Weng believes Criteria2Query, while not completely eliminating the middle man in all cases, will accelerate cohort query generation while also ensuring the consistency of the data standards-based queries, particularly for multi-site clinical studies. Criteria2Query was highlighted as a notable accomplishment in clinical research informatics in the AMIA 2019 Year in review.

With the assistance of the above empowering technologies, Weng and her lab have also made important strides in phenotyping with her work in both the eMERGE Project and the Deep Phenotyping Project, both being funded by National Human Genome Research Institute (NHGRI).

The Electronic Medical Records and Genomics (eMERGE) Network is a National Institutes of Health-organized and funded consortium of U.S. medical research institutions. The Network brings together researchers with a wide range of expertise in genomics, statistics, ethics, informatics, and clinical medicine from leading medical research institutions across the country to conduct research in genomics. Weng leads Columbia’s eMERGE efforts and contributes primarily to EHR-based phenotyping. She and colleagues Drs. George Hripcsak, Ning Shang and Cong Liu studied the time-consuming, labor-intensive barriers that hinder the portability of phenotyping algorithms.

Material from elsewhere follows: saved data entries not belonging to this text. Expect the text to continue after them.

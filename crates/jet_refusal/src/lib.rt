//! Why a command gives up: the status that it ends with, and the line that it prints on standard error. Nothing here
//! takes memory or can fail.
//!
//! Crates above rest on this: `Refusal::status` and `Refusal::line` are the one table of statuses and lines
//! (specs/Refusals.antt), which every definition above names; `rule_name` is the name of a rule, as queries have it.
#![tactic(auto)]

mod faults;
mod line;
mod names;
mod refusal;

pub use line::Line;
pub use names::rule_name;
pub use refusal::Refusal;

They leveraged the OMOP Common Data Model to enable the portability and the standardization of phenotyping algorithms.

The Deep Phenotyping Project was another breakthrough for the Weng Lab because it leveraged nuanced genetic phenotypes, such as “short statue” and “developmental delay,” from clinical notes in the EHR through sophisticated natural language processing by developing a high-throughput open-source phenotyping pipeline called EHR-Phenolyzer. This project leverages ontologies, especially the Human Phenotype Ontology (HPO), to extract nuanced phenotypes and standardize the phenotype representation, which enables the interoperability between the EHR and the big genomic knowledge resources such as OMIM and ClinVar in the literature.

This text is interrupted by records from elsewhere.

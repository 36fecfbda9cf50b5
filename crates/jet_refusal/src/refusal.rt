//! Why a command gave up, its status and its line.

ghost use Rattle.std.specs.Prelude.{◌≡◌, ◌+◌, ◌≤◌, ◌++◌, length};
ghost use Rattle.jet_refusal.specs.Lines.{log_fault_text, program_text, place_text, values_text, divergence_text};
ghost use Rattle.jet_refusal.specs.Lines.{query_text, query_of_text, query_place_text, rules_text};
ghost use Rattle.jet_refusal.specs.Refusals.{status_of, text_of, line_of};

use crate::line::Line;
use crate::names::{image_text, log_fault_name, push_field, query_kind, rule_name};
use elf_model::ImageKind;
use flow_model::Rule;
use log_model::LogKind;
use no_memory::NoMemory;
use replay_model::Divergence;
use report_model::QueryKind;

/// Why a command gave up.
#[derive(Clone, Copy)]
pub enum Refusal {
    /// The command line's words are no command.
    Usage,
    /// The program is no image: its first fault.
    Image(ImageKind),
    /// The window of so many pages of 4096 bytes can't hold the image.
    Window {
        pages: u32,
    },
    /// The log's bytes are no log: the first fault, and its offset in bytes.
    Log {
        kind: LogKind,
        offset: u64,
    },
    /// The log keeps the SHA-256 digest of one program, and the program seen has another.
    Program {
        kept: [u8; 32],
        seen: [u8; 32],
    },
    /// The log and the run of its program differ.
    Diverged(Divergence),
    /// The query's text is no query: the line, counted from 1 (0 is the whole text), and its first fault.
    Query {
        line: u32,
        kind: QueryKind,
    },
    /// Of several query files the text of one is no query: the file, counted from 1, the line, counted from 1 (0 is the
    /// whole text), and its first fault.
    QueryOf {
        file: u32,
        line: u32,
        kind: QueryKind,
    },
    /// Several queries don't have one rule: that of the first, and the first other one, with its query's place, counted
    /// from 1.
    Rules {
        first: Rule,
        index: u32,
        other: Rule,
    },
    /// A file has more than 2^26 bytes.
    TooLong,
    /// The log of the run has so many bytes, more than 2^26.
    LogTooLong(u64),
    /// The run would be cut into so many epochs, more than 4096.
    TooManyEpochs(u64),
    /// The store failed while a file was read.
    ReadFault,
    /// The output failed, or the store while a file was written.
    WriteFault,
    /// Out of memory.
    NoMemory(NoMemory),
}

impl Refusal {
    /// The status that a command ends with.
    pub fn status(&self) -> u8
        ensures { result ≡ status_of self.now }
    {
        match self {
            Refusal::Usage => 2,
            Refusal::Image(_) => 3,
            Refusal::Window { .. } => 3,
            Refusal::Log { .. } => 4,
            Refusal::Program { .. } => 5,
            Refusal::Diverged(_) => 5,
            Refusal::Query { .. } => 6,
            Refusal::QueryOf { .. } => 6,
            Refusal::ReadFault => 7,
            Refusal::WriteFault => 8,
            Refusal::TooLong => 9,
            Refusal::LogTooLong(_) => 9,
            Refusal::TooManyEpochs(_) => 9,
            Refusal::NoMemory(_) => 10,
            Refusal::Rules { .. } => 11,
        }
    }

    /// The line that a command prints on standard error.
    pub fn line(&self) -> Line
        ensures { result ≡ line_of self.now }
    {
        let mut line = Line::new();
        line.push_str("jet: ");
        push_text(&mut line, self);
        line.push(b"\n");
        line
    }
}

/// Appends what the line says, which is 190 bytes at most.
fn push_text(line: &mut Line, refusal: &Refusal)
    requires { length line.old + 190 ≤ 256 }
    ensures text { line.new ≡ line.old ++ text_of refusal.now }
    ensures short { length line.new ≤ length line.old + 190 }
{
    match refusal {
        Refusal::Usage => line.push_str("usage"),
        Refusal::Image(kind) => line.push_str(image_text(*kind)),
        Refusal::Window { pages } => {
            line.push_str("window ");
            line.push_number(*pages);
        }
        Refusal::Log { kind, offset } => push_log(line, *kind, *offset),
        Refusal::Program { kept, seen } => push_program(line, kept, seen),
        Refusal::Diverged(divergence) => push_divergence(line, divergence),
        Refusal::Query { line: number, kind } => push_query(line, *number, *kind),
        Refusal::QueryOf {
            file,
            line: number,
            kind,
        } => push_query_of(line, *file, *number, *kind),
        Refusal::Rules {
            first,
            index,
            other,
        } => push_rules(line, *first, *index, *other),
        Refusal::TooLong => line.push_str("limit file"),
        Refusal::LogTooLong(size) => {
            line.push_str("limit log ");
            line.push_number(*size);
        }
        Refusal::TooManyEpochs(count) => {
            line.push_str("limit epochs ");
            line.push_number(*count);
        }
        Refusal::ReadFault => line.push_str("read fault"),
        Refusal::WriteFault => line.push_str("write fault"),
        Refusal::NoMemory(_) => line.push_str("memory"),
    }
}

fn push_log(line: &mut Line, kind: LogKind, offset: u64)
    requires { length line.old + 58 ≤ 256 }
    ensures text { line.new ≡ line.old ++ log_fault_text kind offset }
    ensures short { length line.new ≤ length line.old + 58 }
{
    line.push_str("log ");
    line.push_str(log_fault_name(kind));
    line.push_str(" at ");
    line.push_number(offset);
}

fn push_program(line: &mut Line, kept: &[u8; 32], seen: &[u8; 32])
    requires { length line.old + 147 ≤ 256 }
    ensures text { line.new ≡ line.old ++ program_text kept.now seen.now }
    ensures short { length line.new ≤ length line.old + 147 }
{
    line.push_str("program kept ");
    line.push_digest(kept);
    line.push_str(" seen ");
    line.push_digest(seen);
}

fn push_divergence(line: &mut Line, divergence: &Divergence)
    requires { length line.old + 190 ≤ 256 }
    ensures text { line.new ≡ line.old ++ divergence_text divergence.now }
    ensures short { length line.new ≤ length line.old + 190 }
{
    push_place(line, divergence);
    push_values(line, divergence);
}

fn push_place(line: &mut Line, divergence: &Divergence)
    requires { length line.old + 98 ≤ 256 }
    ensures text { line.new ≡ line.old ++ place_text divergence.now.step divergence.now.field }
    ensures short { length line.new ≤ length line.old + 98 }
{
    line.push_str("diverged at ");
    line.push_number(divergence.step);
    line.push_str(" ");
    push_field(line, divergence.field);
}

fn push_values(line: &mut Line, divergence: &Divergence)
    requires { length line.old + 92 ≤ 256 }
    ensures text { line.new ≡ line.old ++ values_text divergence.now.kept divergence.now.seen }
    ensures short { length line.new ≤ length line.old + 92 }
{
    line.push_str(" kept ");
    line.push_number(divergence.kept);
    line.push_str(" seen ");
    line.push_number(divergence.seen);
}

fn push_query(line: &mut Line, number: u32, kind: QueryKind)
    requires { length line.old + 62 ≤ 256 }
    ensures text { line.new ≡ line.old ++ query_text number kind }
    ensures short { length line.new ≤ length line.old + 62 }
{
    line.push_str("query ");
    push_query_place(line, number, kind);
}

fn push_query_of(line: &mut Line, file: u32, number: u32, kind: QueryKind)
    requires { length line.old + 103 ≤ 256 }
    ensures text { line.new ≡ line.old ++ query_of_text file number kind }
    ensures short { length line.new ≤ length line.old + 103 }
{
    line.push_str("query ");
    line.push_number(file);
    line.push_str(" ");
    push_query_place(line, number, kind);
}

fn push_query_place(line: &mut Line, number: u32, kind: QueryKind)
    requires { length line.old + 56 ≤ 256 }
    ensures text { line.new ≡ line.old ++ query_place_text number kind }
    ensures short { length line.new ≤ length line.old + 56 }
{
    line.push_str("line ");
    line.push_number(number);
    line.push_str(" ");
    line.push_str(query_kind(kind));
}

fn push_rules(line: &mut Line, first: Rule, index: u32, other: Rule)
    requires { length line.old + 62 ≤ 256 }
    ensures text { line.new ≡ line.old ++ rules_text first index other }
    ensures short { length line.new ≤ length line.old + 62 }
{
    line.push_str("rules ");
    line.push_str(rule_name(first));
    line.push_str(" ");
    line.push_number(index);
    line.push_str(" ");
    line.push_str(rule_name(other));
}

“We integrate all these possible genomic resources (EHR, clinical notes, OMIM) to facilitate genomic disease diagnosis and enable disease knowledge reasoning,” Weng said. “Big data itself is not necessarily useful. Our strength is integrating big data with big knowledge.”

Scientific innovation within both big data and big knowledge remains an important aspect of Weng’s work, and her complete embracement in the concept of team science plays a critical role in each of the afore-mentioned projects.

“Team science is beyond the technical aspect of any project, but it is about emphasizing collaboration among multiple stakeholders of complex systems,” she said. “You need to foster the culture. People coming from different disciplines, talking different languages and having different cultures, first need to acknowledge and respect each other’s differences. How do you enable team science? The first step is to enable people in the process and established a shared mental model and build trust and respect among them.”

Within DBMI, Weng has enabled members of her lab to take on leadership roles throughout various projects. She collaborated with, among others, Kai Wang, PhD (Penn), and Wendy Chung, MD, PhD (Columbia Clinical Genetics and Genomics), on the Deep Phenotyping Project. Her work with Observational Health Data Sciences and Informatics (OHDSI) collaborators played important roles in both the eMERGE and Criteria2Query projects. “You need multi-disciplinary team collaboration,” Weng said. “We need all to complete the puzzle.”

Weng is pushing the envelope for data-driven precision research. It, together with Precision Medicine, will enable a real learning health system.